Question

A(n) 0.95-kg bucket is tied to a rope of negligible mass that is wrapped around a pole mounted horizontally on frictionless bearings. The cylindrical pole has a diameter of 0.340 m and a mass of 2.60 kg. When the bucket is released from rest, how long will it take to fall to the bottom of the 20.0 m well?

Answer 1

The difficulty is to find the acceleration with which the bucket will fall. It will not fall with "g" because of the tension in the rope.

On pole torque ,τ = Tr = Iα where I is moment of inertia of pole =Mr^2/2 and r is the radius of the pole

α = Tr/I ..........................................(1)

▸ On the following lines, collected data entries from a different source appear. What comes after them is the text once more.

//! The registered holders and their counters, as rows of the table `holder`.
ghost use Rattle.store_write.specs.steps.RowEdits.{with_granted, with_created};
ghost use Rattle.store_transactions.specs.Statements.{IsReady, OnCleanDisk, StaysInside, IfDone, IfAnswered};
ghost use Rattle.store_write.specs.steps.Statements.{IfEdited, AnswersWhetherRegistered, Registers};

use addr::Name;
use sqlite::{Alter, Error, Transaction};
use store_tables::{
    INSERT_HOLDER, SELECT_COUNTERS, UPDATE_CREATED, UPDATE_GRANTED, name_values, number_values,
};
use store_transactions::{ask_inside, execute};

/// Sets how many grants were made at the holder.
#[tactic(auto, using(crate::proofs::EditSteps::sets_granted))]
pub(crate) fn set_granted<S: Alter>(
    tx: &mut Transaction<'_, S>,
    holder: &Name,
    number: u32,
) -> Result<(), Error>
    requires { OnCleanDisk S.Store IsReady tx.old }
    ensures done { IfEdited S.Store result holder.now (with_granted number) tx.old tx.new }
    ensures inside { StaysInside S.Store tx.old tx.new }
{
    execute(tx, UPDATE_GRANTED, &number_values(holder, number))
}

/// Sets how many authorizations were made at the holder.
#[tactic(auto, using(crate::proofs::EditSteps::sets_created))]
pub(crate) fn set_created<S: Alter>(
    tx: &mut Transaction<'_, S>,
    holder: &Name,
    number: u32,
) -> Result<(), Error>
    requires { OnCleanDisk S.Store IsReady tx.old }
    ensures done { IfEdited S.Store result holder.now (with_created number) tx.old tx.new }
    ensures inside { StaysInside S.Store tx.old tx.new }
{
    execute(tx, UPDATE_CREATED, &number_values(holder, number))
}

/// Whether the holder is registered.
pub(crate) fn is_registered<S: Alter>(
    tx: &mut Transaction<'_, S>,
    holder: &Name,
) -> Result<bool, Error>
    requires { OnCleanDisk S.Store IsReady tx.old }
    ensures answered { IfAnswered S.Store result
        (AnswersWhetherRegistered holder.now) tx.old tx.new }
    ensures inside { StaysInside S.Store tx.old tx.new }
{
    let found = ask_inside(tx, SELECT_COUNTERS, &name_values(holder))?;
    Ok(!found.is_empty())
}

/// Registers a holder that is not registered.
#[tactic(auto, using(crate::proofs::EditSteps::registers))]
pub(crate) fn register<S: Alter>(tx: &mut Transaction<'_, S>, holder: &Name) -> Result<(), Error>
    requires { OnCleanDisk S.Store IsReady tx.old }
    ensures done { IfDone S.Store result (Registers holder.now) tx.old tx.new }
    ensures inside { StaysInside S.Store tx.old tx.new }
{
    execute(tx, INSERT_HOLDER, &name_values(holder))
}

Applying newtons law on bucket,

ma = mg-T a=g-T/m .................................................(2)
 
If the rope does not slip

a=αr

g-T/m = Tr^2/I

Putting I = Mr^2/2 ,we get

g-T/m = 2T/M T = g/(1/m+2/M)
 
Putting this value of T in eqn (2), we will get the value of "a" the downward accelration of bucket.

(Please find a by putting the values of m and M yourself).

Now that we know the value of "a", find time taken to travel 20m is very easy.
 
Apply the equation of motion s=ut+1/2at^2
 
u=0

s=20m

I hope my answer has come to your help. Have a nice day ahead and may God bless you always!